→ Your objective: Starting with the line that contains "fn call_of(cells: &[u16], run: usize)", copy out each line through the end of the entries below, exactly as written, and nothing else.

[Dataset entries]
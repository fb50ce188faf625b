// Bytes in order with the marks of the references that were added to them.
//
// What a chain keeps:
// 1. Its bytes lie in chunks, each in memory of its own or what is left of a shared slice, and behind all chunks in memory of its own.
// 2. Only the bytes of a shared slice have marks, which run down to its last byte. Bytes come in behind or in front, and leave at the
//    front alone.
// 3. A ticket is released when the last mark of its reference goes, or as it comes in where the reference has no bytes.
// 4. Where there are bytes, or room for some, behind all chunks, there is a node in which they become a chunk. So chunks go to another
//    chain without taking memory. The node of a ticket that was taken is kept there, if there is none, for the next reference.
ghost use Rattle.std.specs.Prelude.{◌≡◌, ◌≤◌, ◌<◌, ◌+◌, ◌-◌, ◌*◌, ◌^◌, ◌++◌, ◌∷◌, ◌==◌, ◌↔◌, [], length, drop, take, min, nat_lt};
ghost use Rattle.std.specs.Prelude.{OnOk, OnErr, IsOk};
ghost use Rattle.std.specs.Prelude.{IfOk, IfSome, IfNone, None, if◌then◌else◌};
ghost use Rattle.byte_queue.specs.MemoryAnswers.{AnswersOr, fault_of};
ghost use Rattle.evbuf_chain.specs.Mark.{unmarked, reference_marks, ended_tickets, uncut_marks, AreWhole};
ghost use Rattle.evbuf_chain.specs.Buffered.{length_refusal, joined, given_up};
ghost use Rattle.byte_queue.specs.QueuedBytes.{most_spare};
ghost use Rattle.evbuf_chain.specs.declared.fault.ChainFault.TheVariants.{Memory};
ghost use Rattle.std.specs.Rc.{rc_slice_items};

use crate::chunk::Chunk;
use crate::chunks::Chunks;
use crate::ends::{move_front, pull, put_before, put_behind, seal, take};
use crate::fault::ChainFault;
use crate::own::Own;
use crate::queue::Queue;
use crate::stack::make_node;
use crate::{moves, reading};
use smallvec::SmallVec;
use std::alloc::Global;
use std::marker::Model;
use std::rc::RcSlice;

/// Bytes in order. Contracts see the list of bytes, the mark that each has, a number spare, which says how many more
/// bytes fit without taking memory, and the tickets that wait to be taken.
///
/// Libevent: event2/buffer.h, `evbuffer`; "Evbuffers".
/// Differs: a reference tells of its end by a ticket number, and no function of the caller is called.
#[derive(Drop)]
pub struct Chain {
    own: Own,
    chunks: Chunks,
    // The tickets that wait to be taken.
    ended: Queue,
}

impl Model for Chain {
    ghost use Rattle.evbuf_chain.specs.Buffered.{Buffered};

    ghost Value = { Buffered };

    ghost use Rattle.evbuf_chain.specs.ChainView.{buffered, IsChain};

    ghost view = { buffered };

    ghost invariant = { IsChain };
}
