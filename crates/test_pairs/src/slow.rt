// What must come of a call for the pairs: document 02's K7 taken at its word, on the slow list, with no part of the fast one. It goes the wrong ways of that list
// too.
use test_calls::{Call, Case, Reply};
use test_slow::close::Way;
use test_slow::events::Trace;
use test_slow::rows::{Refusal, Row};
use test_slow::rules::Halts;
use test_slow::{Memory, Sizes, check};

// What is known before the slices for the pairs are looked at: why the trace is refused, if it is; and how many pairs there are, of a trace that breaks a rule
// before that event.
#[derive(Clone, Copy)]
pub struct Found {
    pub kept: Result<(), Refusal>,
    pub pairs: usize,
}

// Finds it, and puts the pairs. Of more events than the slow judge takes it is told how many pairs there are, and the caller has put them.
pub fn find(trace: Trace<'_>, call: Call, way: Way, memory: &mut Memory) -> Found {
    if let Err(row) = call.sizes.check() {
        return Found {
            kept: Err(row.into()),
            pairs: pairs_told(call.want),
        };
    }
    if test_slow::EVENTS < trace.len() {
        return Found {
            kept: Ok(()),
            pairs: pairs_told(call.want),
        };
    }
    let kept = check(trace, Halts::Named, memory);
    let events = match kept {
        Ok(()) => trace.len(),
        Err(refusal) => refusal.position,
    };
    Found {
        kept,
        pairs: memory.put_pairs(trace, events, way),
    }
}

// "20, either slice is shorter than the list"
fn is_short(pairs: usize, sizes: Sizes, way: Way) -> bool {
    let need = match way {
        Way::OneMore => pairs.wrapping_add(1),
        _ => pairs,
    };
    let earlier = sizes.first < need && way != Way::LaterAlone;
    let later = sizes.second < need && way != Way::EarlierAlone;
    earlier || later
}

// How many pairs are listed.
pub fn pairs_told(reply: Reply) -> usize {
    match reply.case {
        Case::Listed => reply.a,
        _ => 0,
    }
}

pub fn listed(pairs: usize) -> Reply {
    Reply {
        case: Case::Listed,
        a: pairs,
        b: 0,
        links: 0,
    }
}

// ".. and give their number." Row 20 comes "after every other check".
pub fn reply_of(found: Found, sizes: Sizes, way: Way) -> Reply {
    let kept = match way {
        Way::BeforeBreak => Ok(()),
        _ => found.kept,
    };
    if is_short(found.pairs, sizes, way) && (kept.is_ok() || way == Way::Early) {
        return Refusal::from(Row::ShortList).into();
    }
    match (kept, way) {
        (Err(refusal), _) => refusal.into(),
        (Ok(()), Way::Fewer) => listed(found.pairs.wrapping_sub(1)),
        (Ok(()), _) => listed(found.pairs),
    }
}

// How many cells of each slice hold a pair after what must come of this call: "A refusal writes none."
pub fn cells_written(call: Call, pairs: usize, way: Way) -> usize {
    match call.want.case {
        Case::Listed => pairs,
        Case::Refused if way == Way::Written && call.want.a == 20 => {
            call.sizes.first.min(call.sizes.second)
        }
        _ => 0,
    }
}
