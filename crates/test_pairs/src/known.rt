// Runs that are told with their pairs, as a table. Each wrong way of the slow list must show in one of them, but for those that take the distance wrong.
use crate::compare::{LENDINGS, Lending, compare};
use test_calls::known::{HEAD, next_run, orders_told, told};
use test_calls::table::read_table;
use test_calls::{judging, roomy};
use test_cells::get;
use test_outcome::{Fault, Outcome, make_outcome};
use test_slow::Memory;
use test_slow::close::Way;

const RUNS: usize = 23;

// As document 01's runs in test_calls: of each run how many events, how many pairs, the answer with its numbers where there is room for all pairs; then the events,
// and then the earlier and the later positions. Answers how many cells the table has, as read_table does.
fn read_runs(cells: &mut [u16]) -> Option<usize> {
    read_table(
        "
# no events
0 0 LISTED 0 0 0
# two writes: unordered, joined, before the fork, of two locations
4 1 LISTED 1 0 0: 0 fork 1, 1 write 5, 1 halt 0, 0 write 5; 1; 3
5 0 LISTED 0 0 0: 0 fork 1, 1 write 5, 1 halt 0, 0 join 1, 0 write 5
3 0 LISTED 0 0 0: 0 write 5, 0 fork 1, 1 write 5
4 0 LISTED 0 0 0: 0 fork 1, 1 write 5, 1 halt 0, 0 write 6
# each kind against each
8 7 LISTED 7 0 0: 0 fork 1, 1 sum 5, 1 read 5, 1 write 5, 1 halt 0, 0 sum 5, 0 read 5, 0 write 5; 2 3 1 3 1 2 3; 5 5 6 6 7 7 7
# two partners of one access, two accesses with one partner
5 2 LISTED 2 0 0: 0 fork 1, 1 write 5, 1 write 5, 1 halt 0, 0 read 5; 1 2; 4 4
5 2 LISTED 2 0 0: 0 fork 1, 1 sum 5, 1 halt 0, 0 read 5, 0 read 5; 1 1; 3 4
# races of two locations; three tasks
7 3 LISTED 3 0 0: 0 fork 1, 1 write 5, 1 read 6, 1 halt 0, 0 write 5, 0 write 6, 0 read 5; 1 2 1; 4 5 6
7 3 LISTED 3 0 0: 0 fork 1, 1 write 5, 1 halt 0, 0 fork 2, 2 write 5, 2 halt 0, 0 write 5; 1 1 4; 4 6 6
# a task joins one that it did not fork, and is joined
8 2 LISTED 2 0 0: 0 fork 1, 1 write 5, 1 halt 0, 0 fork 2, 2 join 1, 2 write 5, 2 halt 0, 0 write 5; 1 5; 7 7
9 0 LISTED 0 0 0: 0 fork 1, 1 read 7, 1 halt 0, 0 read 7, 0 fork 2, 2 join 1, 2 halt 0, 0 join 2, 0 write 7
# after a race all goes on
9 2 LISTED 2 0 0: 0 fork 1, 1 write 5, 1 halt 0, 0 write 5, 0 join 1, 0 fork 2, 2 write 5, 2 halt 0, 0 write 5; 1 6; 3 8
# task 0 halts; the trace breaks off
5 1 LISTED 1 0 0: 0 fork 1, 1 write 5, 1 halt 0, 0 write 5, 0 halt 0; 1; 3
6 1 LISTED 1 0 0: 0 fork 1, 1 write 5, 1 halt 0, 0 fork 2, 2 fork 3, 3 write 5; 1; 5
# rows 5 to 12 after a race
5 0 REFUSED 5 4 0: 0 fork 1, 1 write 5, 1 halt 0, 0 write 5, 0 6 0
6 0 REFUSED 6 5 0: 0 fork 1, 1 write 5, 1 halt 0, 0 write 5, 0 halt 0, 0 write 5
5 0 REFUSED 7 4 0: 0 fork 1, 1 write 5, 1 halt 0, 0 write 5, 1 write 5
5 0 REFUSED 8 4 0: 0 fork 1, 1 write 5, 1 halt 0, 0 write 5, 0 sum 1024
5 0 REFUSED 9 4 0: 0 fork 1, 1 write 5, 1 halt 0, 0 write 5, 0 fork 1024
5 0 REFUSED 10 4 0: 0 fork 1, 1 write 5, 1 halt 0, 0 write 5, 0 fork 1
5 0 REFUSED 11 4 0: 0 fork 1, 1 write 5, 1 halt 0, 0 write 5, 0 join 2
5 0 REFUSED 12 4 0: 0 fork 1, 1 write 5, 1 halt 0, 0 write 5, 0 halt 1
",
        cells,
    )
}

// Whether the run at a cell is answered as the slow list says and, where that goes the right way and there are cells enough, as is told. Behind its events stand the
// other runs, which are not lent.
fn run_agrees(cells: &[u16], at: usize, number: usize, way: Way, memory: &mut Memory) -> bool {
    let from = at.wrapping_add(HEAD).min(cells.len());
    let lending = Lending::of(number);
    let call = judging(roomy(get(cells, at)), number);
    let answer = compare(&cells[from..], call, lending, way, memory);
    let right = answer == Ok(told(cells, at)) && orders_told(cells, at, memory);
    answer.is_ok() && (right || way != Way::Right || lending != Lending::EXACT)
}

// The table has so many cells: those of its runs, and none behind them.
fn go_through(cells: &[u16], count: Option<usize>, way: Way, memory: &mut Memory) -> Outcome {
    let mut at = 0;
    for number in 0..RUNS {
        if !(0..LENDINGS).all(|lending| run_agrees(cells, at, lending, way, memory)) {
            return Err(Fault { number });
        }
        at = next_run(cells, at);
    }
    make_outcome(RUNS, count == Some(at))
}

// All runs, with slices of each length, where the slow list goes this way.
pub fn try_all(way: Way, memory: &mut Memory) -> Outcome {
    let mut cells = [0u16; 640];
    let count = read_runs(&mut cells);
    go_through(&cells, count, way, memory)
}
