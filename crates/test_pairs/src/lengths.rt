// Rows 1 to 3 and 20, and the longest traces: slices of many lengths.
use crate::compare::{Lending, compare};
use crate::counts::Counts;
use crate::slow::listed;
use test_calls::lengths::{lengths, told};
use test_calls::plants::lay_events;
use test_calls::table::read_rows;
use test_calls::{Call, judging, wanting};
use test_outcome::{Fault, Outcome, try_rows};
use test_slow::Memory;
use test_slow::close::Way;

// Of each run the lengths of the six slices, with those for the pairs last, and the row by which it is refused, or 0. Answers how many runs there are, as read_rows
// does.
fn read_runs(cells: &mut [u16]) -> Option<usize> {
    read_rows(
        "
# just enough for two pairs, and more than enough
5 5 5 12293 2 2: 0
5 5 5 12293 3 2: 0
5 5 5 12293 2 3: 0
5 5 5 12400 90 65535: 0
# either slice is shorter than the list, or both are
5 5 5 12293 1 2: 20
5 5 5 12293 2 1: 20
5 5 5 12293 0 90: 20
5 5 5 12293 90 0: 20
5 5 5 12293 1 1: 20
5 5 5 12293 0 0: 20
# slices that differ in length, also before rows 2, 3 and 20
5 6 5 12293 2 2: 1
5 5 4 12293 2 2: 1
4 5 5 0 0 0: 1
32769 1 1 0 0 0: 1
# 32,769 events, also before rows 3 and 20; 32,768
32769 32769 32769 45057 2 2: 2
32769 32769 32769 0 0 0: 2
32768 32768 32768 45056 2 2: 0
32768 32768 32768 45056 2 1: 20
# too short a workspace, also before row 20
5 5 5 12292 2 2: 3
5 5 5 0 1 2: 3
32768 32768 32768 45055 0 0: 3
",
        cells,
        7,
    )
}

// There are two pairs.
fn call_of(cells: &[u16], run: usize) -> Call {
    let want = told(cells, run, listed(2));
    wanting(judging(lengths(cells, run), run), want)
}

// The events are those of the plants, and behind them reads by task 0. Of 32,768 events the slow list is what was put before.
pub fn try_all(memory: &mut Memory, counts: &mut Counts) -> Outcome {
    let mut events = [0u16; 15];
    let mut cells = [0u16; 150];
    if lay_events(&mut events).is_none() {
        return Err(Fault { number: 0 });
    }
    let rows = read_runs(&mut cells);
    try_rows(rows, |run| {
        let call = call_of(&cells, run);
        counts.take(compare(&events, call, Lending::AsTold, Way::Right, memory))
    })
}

→ Response:
fn call_of(cells: &[u16], run: usize) -> Call {
    let want = told(cells, run, listed(2));
    wanting(judging(lengths(cells, run), run), want)
}

// The events are those of the plants, and behind them reads by task 0. Of 32,768 events the slow list is what was put before.
pub fn try_all(memory: &mut Memory, counts: &mut Counts) -> Outcome {
    let mut events = [0u16; 15];
    let mut cells = [0u16; 150];
    if lay_events(&mut events).is_none() {
        return Err(Fault { number: 0 });
    }
    let rows = read_runs(&mut cells);
    try_rows(rows, |run| {
        let call = call_of(&cells, run);
        counts.take(compare(&events, call, Lending::AsTold, Way::Right, memory))
    })
}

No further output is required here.